January 8th, 2014

PMQs Live Chat: Boring Snoring Edition


Comments in the comments please…


  1. 1
    EU Funded Pro-EU Troll says:

    Vote UKIP

  2. 2
    Jasmin Beckett says:

    I want everyone who disagrees with me dead.

  3. 3
    Compare G'oggins with Cameron says:

    Dave to Michael Meacher: Are you on drugs ?

  4. 4
    RED ED - SON OF BROWN says:


  5. 5
    A Toggle and Two says:

    Ed Miliband. A prick between two balls

  6. 6
    Spot the Ball says:

    Where’s Harman ?

  7. 7
    Mitch says:

    5 soldiers died in separate incidents but 90% of the guff from the Commons is about an MP!

  8. 8
    YUK YUK YUK says:

    After some excellent tributes to PG Ed Miliband’s well rehearsed effort was ridiculously syrupy

  9. 9
    Reader says:

    Mr Goggins sounds like he was a marvel. I’d only hear about him one or two days ago.

  10. 10
    Spartacus says:

    vote more money to greece!

  11. 11
    Ed Miliband says:

    It’s in your DNA as a socialist.

  12. 12
    Can't help noticing says:

    Mrs Balls is not wearing well

  13. 13
    Spartacus says:


  14. 14
    Point of Information says:

    Didn’t the locals tell Dave to sling his hook when he went down to Kent to look at the wet carpets.

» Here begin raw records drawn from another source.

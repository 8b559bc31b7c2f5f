//! What one thread of the unit works with.

use rate_desk::{DeskSeat, SeatCalls};
use routes::{Naming, RouteReader};
use std::alloc::{AllocError, Global};

/// What one thread works with: a seat of the house, a reader of the routes, and a sink.
#[derive(Drop)]
pub(crate) struct Gear<C: SeatCalls, J: Naming, S: Drop> {
    pub(crate) seat: DeskSeat<C>,
    pub(crate) reader: RouteReader<J>,
    pub(crate) sink: S,
}

impl<C: SeatCalls, J: Naming, S: Drop> Gear<C, J, S> {
    /// The seat, which is handed back at the end.
    pub(crate) fn into_seat(self) -> DeskSeat<C> {
        let Gear { seat, .. } = self;
        seat
    }
}

/// The gear of each thread, by its number.
pub(crate) fn gears_of<C: SeatCalls, J: Naming, S: Drop>(
    alloc: Global,
    seats: Vec<DeskSeat<C>>,
    readers: Vec<RouteReader<J>>,
    sinks: Vec<S>,
) -> Result<Vec<Gear<C, J, S>>, AllocError> {
    let threads = seats.into_iter().zip(readers.into_iter().zip(sinks));
    threads
        .map(|(seat, (reader, sink))| Gear { seat, reader, sink })
        .collect(alloc)
}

    And is not most of the flooding happening on known flood planes, and around rivers which the EA cannot be arsed to clear the silt from ?

  15. 15
    Dave Cameron says:

    Lessons will be learned

  16. 16
    Ed Militurney says:

    Climate Change

  17. 17
    Cliche Watch says:

    Must be a record. They held off lessons learned for seven minutes.

    But they still don’t learn.

  18. 18
    Reader says:

    She’s been spending too much time with her family

  19. 19
    Casual Observer 5 says:

    Have they got Russ!an guns trained on them ? They seem to be a bit somber…

  20. 20
    Long John Silver's parrot says:

    What ?
    State Officials ?
    Cannot be arsed ?

    Surely some mistake here .

  21. 21
    Mitch says:

    Inadequate dredging is indeed a big problem. That’s a lesson we did learn and then promptly forgot.

  22. 22
    Sane Voter says:

    I would rather eat Diane Abbot’s faeces.

  23. 23
    A Mystery says:

    It is a complete mystery why the EA won’t dredge rivers. It is cheap and was always done in the past and it works. Perhaps they prefer vanity high cost, high visibility flood prevention schemes?

  24. 24
    Casual Observer 5 says:

    Why do families which are hard working require benefits to pay their rent ?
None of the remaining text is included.